I don’t often address issues related to foster care because I really don’t have any direct experience with that system – thankfully.
Even so, homelessness is an issue close to my heart since my own youngest sister was homeless for 4 years and somehow survived that and even managed to extricate herself from that about 10 years ago. Her situation remains precarious and my heart hopes she doesn’t end up in those dire straits again but there is no certainty.
I have learned that when children in foster care reach a certain age, they are put out without much in the way of resources. Some even run away from foster care before they reach that age. These are children who lack any kind of supportive family to love and care for them. Their parents may be in prison or addicted to drugs and self-absorbed. Or their parents may have even died.
There is a non-profit known as Pivot in Oklahoma that is trying to do something substantial to help youth who would be homeless otherwise. They are building a community of tiny homes to primarily serve the needs of 16 to 19 year old youth.
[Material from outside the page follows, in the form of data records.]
// One command told to the desk, whichever it is: what a run of commands and the program's lines both go by.
// Each command refuses what it does not take; its corner numbers come beside it, and a load alone reads them.
#![tactic(auto)]

ghost use Rattle.desk_state.specs.Lent.{held, SameLent};
ghost use Rattle.desk.specs.Commands.{Does, Loads, Places, Moves, Removed, SetsGap};

use desk::Command;
use desk::start::start;
use desk_gap::set_gap;
use desk_load::load;
use desk_move::move_piece;
use desk_place::{place, remove};
use desk_state::{LentBook, LentDesk, LentPlaces, LentShapes};
use limits::Refusal;
use pieces::placement::{Offset, Placement};

pub fn tell(desk: &mut LentDesk<'_>, command: Command, numbers: &[i32]) -> Result<u32, Refusal>
    ensures same { SameLent desk.old desk.new }
    ensures does { Does command numbers.now (held desk.old) (held desk.new) result }
{
    match command {
        Command::Start => start(desk),
        Command::Load(shape) => load_shape(desk, shape, numbers),
        Command::Gap(steps) => set_book(desk, steps),
        Command::Place(p, q) => place_at(desk, p, q),
        Command::Move(p, turn, o) => move_at(desk, p, turn, o),
        Command::Remove(p) => remove_at(desk, p),
    }
}

// A load is lent the shapes alone to be changed.
fn load_shape(desk: &mut LentDesk<'_>, shape: i32, numbers: &[i32]) -> Result<u32, Refusal>
    ensures same { SameLent desk.old desk.new }
    ensures does { Loads (held desk.old) shape numbers.now (held desk.new) result }
{
    let shapes = &mut *desk.shapes;
    let places = &mut *desk.places;
    let rows = &mut *desk.rows;
    let book = &mut *desk.book;
    let marks = &mut *desk.marks;
    let mut lent = LentShapes {
        shapes,
        places,
        rows,
        book,
        marks,
    };
    load(&mut lent, shape, numbers)
}

// The setting of a gap is lent the book alone to be changed.
fn set_book(desk: &mut LentDesk<'_>, steps: i32) -> Result<u32, Refusal>
    ensures same { SameLent desk.old desk.new }
    ensures does { SetsGap (held desk.old) steps (held desk.new) result }
{
    let shapes = &mut *desk.shapes;
    let places = &mut *desk.places;
    let rows = &mut *desk.rows;
    let book = &mut *desk.book;
    let marks = &mut *desk.marks;
    let mut lent = LentBook {
        shapes,
        places,
        rows,
        book,
        marks,
    };
    set_gap(&mut lent, steps)
}

// A piece is placed, moved and removed with the shapes lent to be read.
fn place_at(desk: &mut LentDesk<'_>, p: i32, q: Placement) -> Result<u32, Refusal>
    ensures same { SameLent desk.old desk.new }
    ensures does { Places (held desk.old) p q (held desk.new) result }
{
    let mut lent = LentPlaces {
        shapes: desk.shapes,
        places: desk.places,
        rows: desk.rows,
        book: desk.book,
        marks: desk.marks,
    };
    place(&mut lent, p, q)
}

// A piece is placed, moved and removed with the shapes lent to be read.
fn move_at(desk: &mut LentDesk<'_>, p: i32, turn: i32, o: Offset) -> Result<u32, Refusal>
    ensures same { SameLent desk.old desk.new }
    ensures does { Moves (held desk.old) p turn o (held desk.new) result }
{
    let mut lent = LentPlaces {
        shapes: desk.shapes,
        places: desk.places,
        rows: desk.rows,
        book: desk.book,
        marks: desk.marks,
    };
    move_piece(&mut lent, p, turn, o)
}

// A piece is placed, moved and removed with the shapes lent to be read.
fn remove_at(desk: &mut LentDesk<'_>, p: i32) -> Result<u32, Refusal>
    ensures same { SameLent desk.old desk.new }
    ensures does { Removed (held desk.old) p (held desk.new) result }
{
    let mut lent = LentPlaces {
        shapes: desk.shapes,
        places: desk.places,
        rows: desk.rows,
        book: desk.book,
        marks: desk.marks,
    };
    remove(&mut lent, p)
}
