// A shift's questions under one allowance: the call on a book and up to 64 flash questions, each put where what is left of the
// allowance of activity evaluations holds all that it could begin.
#![tactic(auto)]

ghost use Rattle.std.specs.Prelude.{◌≡◌, true, ◌&&◌, eqb, ◌≤◌, ◌*◌, ◌-◌, ◌/◌, ◌%◌, length, Ok};
ghost use Rattle.floats.specs.Fold.{all_to};
ghost use Rattle.floats.specs.Vector.{places};
ghost use Rattle.floats.specs.Outcome.{ok};
ghost use Rattle.outcome.specs.Refused.{outcome_of, number_in};
ghost use Rattle.blocks.specs.Words.{block};
ghost use Rattle.blocks.specs.Bytes.{put};
ghost use Rattle.book.specs.Book.{rule_of};
ghost use Rattle.thermo_models.specs.Mixture.{mixture_of};
ghost use Rattle.tp_flash.specs.Counted.{most_evaluations};
ghost use Rattle.question.specs.Inputs.{within};
ghost use Rattle.question.specs.Asked.{task_in};
ghost use Rattle.replies.specs.Blocks.{answer_room};
ghost use Rattle.sheet.specs.Ready.{Readied};
ghost use Rattle.sheet.specs.Sheet.{number_of, slice_of, question_to};
ghost use Rattle.queue.specs.Queue.{question_count, is_flash, questions_right, takes, queue_reply, parts_to, queue_of};

use blocks::Rule;
use book::Head;
use outcome::Refusal;
use question::{Question, Task, read_question, read_task};
use replies::{ANSWER_ROOM, write_put_off, write_refusal};
use thermo_models::Tabled;
use thermo_types::ActivityOptions;

// Task 7, or refused with 11.
#[tactic(auto, using(crate::proofs::Calls::flash_read, crate::proofs::Calls::flash_unread))]
fn is_flash(rule: Rule, question: &[u8]) -> bool
    ensures { result ≡ is_flash (task_in rule question.now) }
{
    match read_task(rule, question) {
        Ok(task) => matches!(task, Task::Flash),
        Err(refusal) => matches!(refusal, Refusal::QuestionBlock),
    }
}

// 1 to 64 whole questions.
fn count_right(questions: &[u8]) -> bool
    ensures { result ≡ (eqb (length questions.now % 512) 0 && within 1 64 (question_count questions.now)) }
{
    questions.len() % 512 == 0 && matches!(questions.len() / 512, 1..=64)
}

fn all_flashes(rule: Rule, questions: &[u8]) -> bool
    ensures { result ≡ all_to (λ k. is_flash (task_in rule (block questions.now k))) (question_count questions.now) }
{
    (0..questions.len() / 512).all(|k| is_flash(rule, blocks::block(questions, k)))
}

// 39
fn questions_right(rule: Rule, questions: &[u8]) -> bool
    ensures { result ≡ questions_right rule questions.now }
{
    count_right(questions) && all_flashes(rule, questions)
}

// (m + 2) M + 4, m the solvents present in the feed z.
fn most_evaluations(n: usize, o: ActivityOptions, z: &[f64; 8]) -> u64
    requires { o.max_iterations ≤ 1000000 }
    ensures { result ≡ most_evaluations (places n) o z.now }
{
    let present = liquid_stability::present_count(z, n);
    (present as u64 + 2) * o.max_iterations + 4
}

// A shift's book, which was opened.
#[derive(Clone, Copy)]
struct Shift<'a> {
    rule: Rule,
    book: &'a [u8],
    head: Head,
    ghost ruled: { rule ≡ rule_of book.now },
}

impl<'a> Shift<'a> {
    // A flash that fits is run, and its real count is taken off, that of a refused one too; what is left.
    fn run(
        self,
        question: &[u8],
        q: &Question,
        at: Tabled,
        table: &[f64; 512],
        ps: &[f64; 8],
        left: u64,
        out: &mut [u8],
    ) -> u64
        requires { (answer_room ≤ length out.old) × (q.now.task ≡ 7) × (question_to self.book.now self.head.version (places self.head.n) question.now ≡ ok q.now) × (most_evaluations (places self.head.n) q.now.options q.now.fractions ≤ left) × Readied (mixture_of self.book.now (places self.head.n)) 7 q.now.temperature q.now.pressure (Ok at) table.now ps.now }
        ensures left { let s = self.entry in result ≡ left - takes s.book.now s.head.version (places s.head.n) question.now left }
        ensures part { let s = self.entry in out.new ≡ put out.old 0 (queue_reply s.book.now s.head.version (places s.head.n) question.now left) }
    {
        let mut begun = 0;
        let ran = sheet::flash_ready(self.book, self.head.n, at, table, ps, q, &mut begun, out);
        if let Err(refusal) = ran {
            write_refusal(self.rule, question, u64::from(refusal), out);
        }
        // Kept: by reference: of what is read through one a proof knows that it is a word.
        let taken = &begun;
        left - *taken
    }

    // A flash question that was read: refused before any evaluation, run, or put off.
    fn put_asked(self, question: &[u8], q: &Question, left: u64, out: &mut [u8]) -> u64
        requires { (answer_room ≤ length out.old) × (q.now.task ≡ 7) × (question_to self.book.now self.head.version (places self.head.n) question.now ≡ ok q.now) × (q.now.options.max_iterations ≤ 1000000) }
        ensures left { let s = self.entry in result ≡ left - takes s.book.now s.head.version (places s.head.n) question.now left }
        ensures part { let s = self.entry in out.new ≡ put out.old 0 (queue_reply s.book.now s.head.version (places s.head.n) question.now left) }
    {
        let n = self.head.n;
        let mut table = [0.0; 512];
        let mut ps = [0.0; 8];
        let made = sheet::make_ready(
            self.book,
            n,
            7,
            q.temperature,
            q.pressure,
            &mut table,
            &mut ps,
        );
        match made {
            Err(refusal) => {
                write_refusal(self.rule, question, u64::from(refusal), out);
                left
            }
            Ok(at) => {
                if left < most_evaluations(n, q.options, &q.fractions) {
                    write_put_off(self.rule, out);
                    return left;
                }
                self.run(question, q, at, &table, &ps, left, out)
            }
        }
    }

    // One question at the front of its part of the slice; what is left for the next.
    fn put_question(self, question: &[u8], left: u64, out: &mut [u8]) -> u64
        requires { (answer_room ≤ length out.old) × (is_flash (task_in self.rule question.now) ≡ true) }
        ensures left { let s = self.entry in result ≡ left - takes s.book.now s.head.version (places s.head.n) question.now left }
        ensures part { let s = self.entry in out.new ≡ put out.old 0 (queue_reply s.book.now s.head.version (places s.head.n) question.now left) }
    {
        match read_question(
            self.rule,
            question,
            self.head.version,
            self.book,
            self.head.n,
        ) {
            Err(refusal) => {
                write_refusal(self.rule, question, u64::from(refusal), out);
                left
            }
            Ok(q) => self.put_asked(question, &q, left, out),
        }
    }

    fn put_questions(self, questions: &[u8], allowance: u64, out: &mut [u8])
        requires { (answer_room * (length questions.now / 512) ≤ length out.old) × (questions_right self.rule questions.now ≡ true) }
        ensures { let s = self.entry in out.new ≡ parts_to s.book.now s.head.version (places s.head.n) questions.now allowance out.old (length questions.now / 512) }
    {
        let mut left = allowance;
        for k in 0..questions.len() / 512 {
            let part = &mut out[ANSWER_ROOM * k..];
            left = self.put_question(blocks::block(questions, k), left, part);
        }
    }
}

// Each question's blocks at the front of its own 4,608 bytes of the slice: an answer's, a refusal's, or the one of a question that
// is put off; or the question that was answered no, and the slice as it was.
pub fn answer(book: &[u8], questions: &[u8], allowance: u64, out: &mut [u8]) -> Result<(), Refusal>
    ensures { (number_in result ≡ number_of (queue_of book.now questions.now allowance out.old)) × (out.new ≡ slice_of (queue_of book.now questions.now allowance out.old) out.old) }
{
    let head = book::open_book(book)?;
    let rule = book::rule_of(book);
    if !questions_right(rule, questions) {
        return Err(Refusal::QueueQuestions);
    }
    let count = questions.len() / 512;
    if out.len() < ANSWER_ROOM * count {
        return Err(Refusal::AnswerShort);
    }
    let shift = Shift { rule, book, head };
    shift.put_questions(questions, allowance, out);
    Ok(())
}
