// Shapefile export (SHEETS 12): the four files of a sheet's roll, each by a call of its own.
#![tactic(auto)]

ghost use Rattle.sheet.specs.HandedIn.{handed_in};
ghost use Rattle.sheet.specs.Returned.{accepted};
ghost use Rattle.records.specs.Records.{Handed};
ghost use Rattle.shapefile.specs.declared.Layer.TheVariants.{Traces, Ends};
ghost use Rattle.shapefile.specs.declared.Part.TheVariants.{Main, Index};
ghost use Rattle.shape_files.specs.Exported.{Exports};
ghost use Rattle.shape_layers.specs.Layers.{layer_file};

use shapefile::{Layer, Part};
use sheet::{Refusal, Sheet};
use source::Source;

// The bytes of the longest files, those of 256 tracks: a header, and a record or an index entry for each.
pub const LONGEST_TRACES_SHP: usize = shape_files::HEADER
    + passages::MOST * shape_records::TRACE_RECORD;

pub const LONGEST_TRACES_SHX: usize = shape_files::HEADER + passages::MOST * shape_files::ENTRY;

pub const LONGEST_ENDS_SHP: usize = shape_files::HEADER
    + passages::MOST * shape_records::END_RECORD;

pub const LONGEST_ENDS_SHX: usize = LONGEST_TRACES_SHX;

// A file of an accepted sheet's roll, or 12.
fn export(layer: Layer, part: Part, sheet: Sheet, out: &mut [u8]) -> Result<usize, Refusal>
    requires { Handed sheet }
    ensures { Exports accepted (layer_file layer part (handed_in sheet)) out.old out.new result }
{
    let mut rows = [0u8; row::LONGEST_ROLL];
    faster_run::roll(sheet, &mut rows);
    let passages = passages::passages_of(sheet, &rows);
    shape_files::write(layer, part, &passages[..sheet.ntracks], out)
}

// The file of a layer of a sheet.
pub fn layer_file<S: Source>(
    layer: Layer,
    part: Part,
    from: S,
    out: &mut [u8],
) -> Result<usize, Refusal>
    ensures { Exports (S.verdict from) (layer_file layer part (S.records from)) out.old out.new result }
{
    let sheet = from.accept()?;
    export(layer, part, sheet, out)
}

// The traces: the main file, and its index.
pub fn traces_shp<S: Source>(from: S, out: &mut [u8]) -> Result<usize, Refusal>
    ensures { Exports (S.verdict from) (layer_file Traces Main (S.records from)) out.old out.new result }
{
    layer_file(Layer::Traces, Part::Main, from, out)
}

pub fn traces_shx<S: Source>(from: S, out: &mut [u8]) -> Result<usize, Refusal>
    ensures { Exports (S.verdict from) (layer_file Traces Index (S.records from)) out.old out.new result }
{
    layer_file(Layer::Traces, Part::Index, from, out)
}

// Their ends.
pub fn ends_shp<S: Source>(from: S, out: &mut [u8]) -> Result<usize, Refusal>
    ensures { Exports (S.verdict from) (layer_file Ends Main (S.records from)) out.old out.new result }
{
    layer_file(Layer::Ends, Part::Main, from, out)
}

pub fn ends_shx<S: Source>(from: S, out: &mut [u8]) -> Result<usize, Refusal>
    ensures { Exports (S.verdict from) (layer_file Ends Index (S.records from)) out.old out.new result }
{
    layer_file(Layer::Ends, Part::Index, from, out)
}
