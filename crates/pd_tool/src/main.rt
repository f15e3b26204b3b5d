//! The program `pdfgen`: a path delay fault test generator whose answers are proved. It is one call of commands, whose `serve`
//! hands the system's words, files and streams to `exit_code`, whose contract has all that is promised.
#![tactic(auto)]

use commands::serve;
use std::process::ExitCode;

fn main(rt: HostRuntime) -> ExitCode {
    serve(rt)
}
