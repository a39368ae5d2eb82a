// The tests, and what they are made of.
mod basis_decks;
mod cards;
mod combinations;
mod decks;
mod faults;
mod files;
mod limits;
mod memory;
mod names;
mod numbers;
mod problems;
mod programs;
mod set_faults;
mod words_of_cards;
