//! Worked cards, names, numbers, decks and control programs. Nothing but tests.
#![tactic(auto)]

#[cfg(test)]
mod tests;
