/// The least-numbered variable whose rate is wanted, if there is one.
fn first_by_multipliers(
    file: &EtaFile,
    sought: &Sought<'_>,
    multipliers: &[Frac],
    numbers: &mut SparseWholes,
    workspace: &mut ColumnWorkspace,
) -> Result<Option<u32>, Stop>
    requires basic { IsBasic file.now.matrix file.now.basics sought.now.row }
    requires multiplier_places { length multipliers.now ≡ size file.now.matrix }
    requires wanted_places { length sought.now.wanted.now ≡ size file.now.matrix }
    requires number_places { length numbers.old ≡ size file.now.matrix }
    requires workspace { IsWorkspaceFor (size file.now.matrix) workspace.old }
    requires known { HasMultipliers file.now (size file.now.matrix) sought.now.row multipliers.now }
    ensures least { IfOk result (λ found. (rates : Vector) → IsRowOf file.now.matrix
        file.now.basics sought.now.row rates → IsLeastWanted sought.now.wanted.now sought.now.up
        rates found) }
    ensures variable { IfOk result (λ found. IfSome found (IsVariable file.now.matrix)) }
    ensures overflow { IfErr result (IsColumnStop file.now) }
    ensures never { IfErr result (λ stop. stop ≢ Stop.NoMemory) }
    ensures number_places { length numbers.new ≡ size file.now.matrix }
    ensures workspace { IsWorkspaceFor (size file.now.matrix) workspace.new }
{
    numbers.clear();
    let mut denominator = Frac::whole(1);
    for place in 0..file.size() {
        let wanted = is_wanted_by_multipliers(
            file,
            place,
            sought,
            multipliers,
            numbers,
            &mut denominator,
            workspace,
        )?;
        if wanted {
            return Ok(Some(place + 1));
        }
    }
    Ok(None)
}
These are located right outside of the organization’s headquarter. In addition to providing a bed, small kitchen and bathroom (a roof over their heads), the organization provides services.
They help the teen get a job. They teach them life skills. And they provide therapeutic attention to help these youth heal from a less visible internal hurt. So regardless of the reason their parents are absent, a youth is understandably upset that the person who was supposed to take care of them, is not there for them.
All children still do love their parents at that level of attachment from birth. There is a grieving process that needs to be addressed – what should have been, could have been – wasn’t. This healing is necessary if a person is truly to move forward with their lives in a productive manner.